* _DATA RECORDS_
————

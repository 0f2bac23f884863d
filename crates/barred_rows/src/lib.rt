// Sets of positions in scratch: one set of outputs for each input, a row. Whole sets are copied, emptied, united and met, row by row.
#![tactic(auto)]

ghost use Rattle.std.specs.Prelude.{◌+◌, ◌≤◌};
ghost use Rattle.sets.specs.Words.{sets_in, set_count};
ghost use Rattle.barred_rows.specs.Areas.{barred_sets, Beside, Copied, Emptied, United, Met};

// What is kept (Z) stands first; what is reached (Y), and where the controller stays (X) begin at these sets.
pub const KEPT: usize = 0;

pub const REACHED: usize = 128;

pub const STAYING: usize = 640;

// Where to look first, so that nothing is looked for in vain: the inputs that move to each input, the outputs that move to each output, and what has been
// followed with each input.
pub const BEFORE_INPUT: usize = 256;

pub const BEFORE_OUTPUT: usize = 384;

pub const FOLLOWED: usize = 512;

// Copies n rows from set number `from` on to those from set number `to` on.
pub fn copy(s: &mut [u64], n: usize, from: usize, to: usize)
    requires { (barred_sets ≤ set_count s.old) × (from + n ≤ barred_sets) × (to + n ≤ barred_sets) × Beside from to n }
    ensures { Copied n from to (sets_in s.old) (sets_in s.new) }
{
    for i in 0..n {
        sets::put(s, to + i, sets::row(s, from + i));
    }
}

// Empties n rows from set number `at` on.
pub fn empty(s: &mut [u64], n: usize, at: usize)
    requires { (barred_sets ≤ set_count s.old) × (at + n ≤ barred_sets) }
    ensures { Emptied n at (sets_in s.old) (sets_in s.new) }
{
    let none = sets::empty();
    for i in 0..n {
        sets::put(s, at + i, none);
    }
}

// Adds to n rows from set number `to` on those from set number `from` on. Whether that adds a position.
pub fn unite(s: &mut [u64], n: usize, from: usize, to: usize) -> bool
    requires { (barred_sets ≤ set_count s.old) × (from + n ≤ barred_sets) × (to + n ≤ barred_sets) × Beside from to n }
    ensures { United n from to (sets_in s.old) (sets_in s.new) result }
{
    let mut grew = false;
    for i in 0..n {
        let old = sets::row(s, to + i);
        let more = sets::difference(sets::row(s, from + i), old);
        if !sets::is_empty(more) {
            sets::put(s, to + i, sets::union(old, more));
            grew = true;
        }
    }
    grew
}

// Takes out of n rows from set number `to` on what is not in those from set number `from` on. Whether that takes a position.
pub fn meet(s: &mut [u64], n: usize, from: usize, to: usize) -> bool
    requires { (barred_sets ≤ set_count s.old) × (from + n ≤ barred_sets) × (to + n ≤ barred_sets) × Beside from to n }
    ensures { Met n from to (sets_in s.old) (sets_in s.new) result }
{
    let mut shrank = false;
    for i in 0..n {
        let old = sets::row(s, to + i);
        let lost = sets::difference(old, sets::row(s, from + i));
        if !sets::is_empty(lost) {
            sets::put(s, to + i, sets::difference(old, lost));
            shrank = true;
        }
    }
    shrank
}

————

* _ACTIVITY_
Output all of the material exactly as written.

* _RESULT OF THE EXERCISE_
repository 0f2bac23f884863d
filename crates/barred_rows/src/lib.rt
// Sets of positions in scratch: one set of outputs for each input, a row. Whole sets are copied, emptied, united and met, row by row.
#![tactic(auto)]

ghost use Rattle.std.specs.Prelude.{◌+◌, ◌≤◌};
ghost use Rattle.sets.specs.Words.{sets_in, set_count};
ghost use Rattle.barred_rows.specs.Areas.{barred_sets, Beside, Copied, Emptied, United, Met};

// What is kept (Z) stands first; what is reached (Y), and where the controller stays (X) begin at these sets.
pub const KEPT: usize = 0;

pub const REACHED: usize = 128;

pub const STAYING: usize = 640;

// Where to look first, so that nothing is looked for in vain: the inputs that move to each input, the outputs that move to each output, and what has been
// followed with each input.
pub const BEFORE_INPUT: usize = 256;

pub const BEFORE_OUTPUT: usize = 384;

pub const FOLLOWED: usize = 512;

// Copies n rows from set number `from` on to those from set number `to` on.
pub fn copy(s: &mut [u64], n: usize, from: usize, to: usize)
    requires { (barred_sets ≤ set_count s.old) × (from + n ≤ barred_sets) × (to + n ≤ barred_sets) × Beside from to n }
    ensures { Copied n from to (sets_in s.old) (sets_in s.new) }
{
    for i in 0..n {
        sets::put(s, to + i, sets::row(s, from + i));
    }
}

// Empties n rows from set number `at` on.
pub fn empty(s: &mut [u64], n: usize, at: usize)
    requires { (barred_sets ≤ set_count s.old) × (at + n ≤ barred_sets) }
    ensures { Emptied n at (sets_in s.old) (sets_in s.new) }
{
    let none = sets::empty();
    for i in 0..n {
        sets::put(s, at + i, none);
    }
}

// Adds to n rows from set number `to` on those from set number `from` on. Whether that adds a position.
pub fn unite(s: &mut [u64], n: usize, from: usize, to: usize) -> bool
    requires { (barred_sets ≤ set_count s.old) × (from + n ≤ barred_sets) × (to + n ≤ barred_sets) × Beside from to n }
    ensures { United n from to (sets_in s.old) (sets_in s.new) result }
{
    let mut grew = false;
    for i in 0..n {
        let old = sets::row(s, to + i);
        let more = sets::difference(sets::row(s, from + i), old);
        if !sets::is_empty(more) {
            sets::put(s, to + i, sets::union(old, more));
            grew = true;
        }
    }
    grew
}

// Takes out of n rows from set number `to` on what is not in those from set number `from` on. Whether that takes a position.
pub fn meet(s: &mut [u64], n: usize, from: usize, to: usize) -> bool
    requires { (barred_sets ≤ set_count s.old) × (from + n ≤ barred_sets) × (to + n ≤ barred_sets) × Beside from to n }
    ensures { Met n from to (sets_in s.old) (sets_in s.new) result }
{
    let mut shrank = false;
    for i in 0..n {
        let old = sets::row(s, to + i);
        let lost = sets::difference(old, sets::row(s, from + i));
        if !sets::is_empty(lost) {
            sets::put(s, to + i, sets::difference(old, lost));
            shrank = true;
        }
    }
    shrank
}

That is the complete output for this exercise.